Essa concepção é fundamental para a filosofia livre, proposta didática da robótica na

qual se firma. É visto que a liberdade que só era assegurada aos cientistas, acaba por ser

forçada para todos, pela própria metodologia adotada.

3 SOBRE ROBÓTICA E BRINQUEDOS

Entendemos que a prática das oficinas de robótica pedagógica livre, é um convite

para um ensino aprendizagem pautado no estímulo da criatividade, é um espaço de

compartilhamento e de brincadeira. Ora, desde que nascemos, brincamos; ao crescermos

apoderamo-nos dos brinquedos, começamos a utilizar a imaginação, o que nos leva a

entender o mundo por vários ângulos e esses vários ângulos correspondem a níveis

simbólicos de compreensão.
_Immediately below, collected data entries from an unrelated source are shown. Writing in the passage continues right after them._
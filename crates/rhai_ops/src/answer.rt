//! Shared by the rows: reading an operand's held content, making results, and the test of a limit.
ghost use Rattle.std.specs.Prelude.{◌≡◌, ◌+◌, Some};
ghost use Rattle.rhai_ops.specs.Outcome.{is_allowed as allowed};
ghost use Rattle.rhai_ops.specs.Results.{Holds, part as part_in, unless as unless_it};

use rhai_value::{Dynamic, Part, Store};

/// Borrows the held part of an operand.
pub(crate) fn part<'s, T: Part>(value: &'s Dynamic, store: &'s Store) -> &'s T
    requires { Holds T.part_of store.now value.now }
    ensures { part_in T.part_of store.now value.now ≡ Some (T.meaning result.now) }
{
    value.known_part::<T>(store)
}

/// The same, by value.
pub(crate) fn value<T: Part + Copy>(value: &Dynamic, store: &Store) -> T
    requires { Holds T.part_of store.now value.now }
    ensures { part_in T.part_of store.now value.now ≡ Some (T.meaning result) }
{
    *part::<T>(value, store)
}

/// An equality, or its negation.
pub(crate) fn unless(negated: bool, same: bool) -> bool
    ensures { result ≡ unless_it negated same }
{
    if negated { !same } else { same }
}

/// Whether a limit allows `first` and `more` together. A limit of 0 means none.
pub(crate) fn is_allowed(limit: usize, first: usize, more: usize) -> bool
    ensures { result ≡ allowed limit (first + more) }
{
    if limit == 0 {
        true
    } else if limit < first {
        false
    } else {
        more <= limit - first
    }
}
A importância disso, como coloca Machado (2003), é que

“brincando, [a criança] aprende a linguagem dos símbolos e entra no espaço original de

todas as atividades sócio-criativo-culturais” (p. 26). O ato de brincar é uma ação e esta é

a base da elaboração prática e teórica de compreensão do mundo. Enquanto brinca, a

criança age e, enquanto age, compreende o mundo a partir de sua ação, ou seja, através

do brincar, que é uma ação, entra-se no espaço da experiência simbólica que vai

significar e re-significar as relações socioculturais, na medida em que o brinquedo é

visto como forma de entendimento do mundo.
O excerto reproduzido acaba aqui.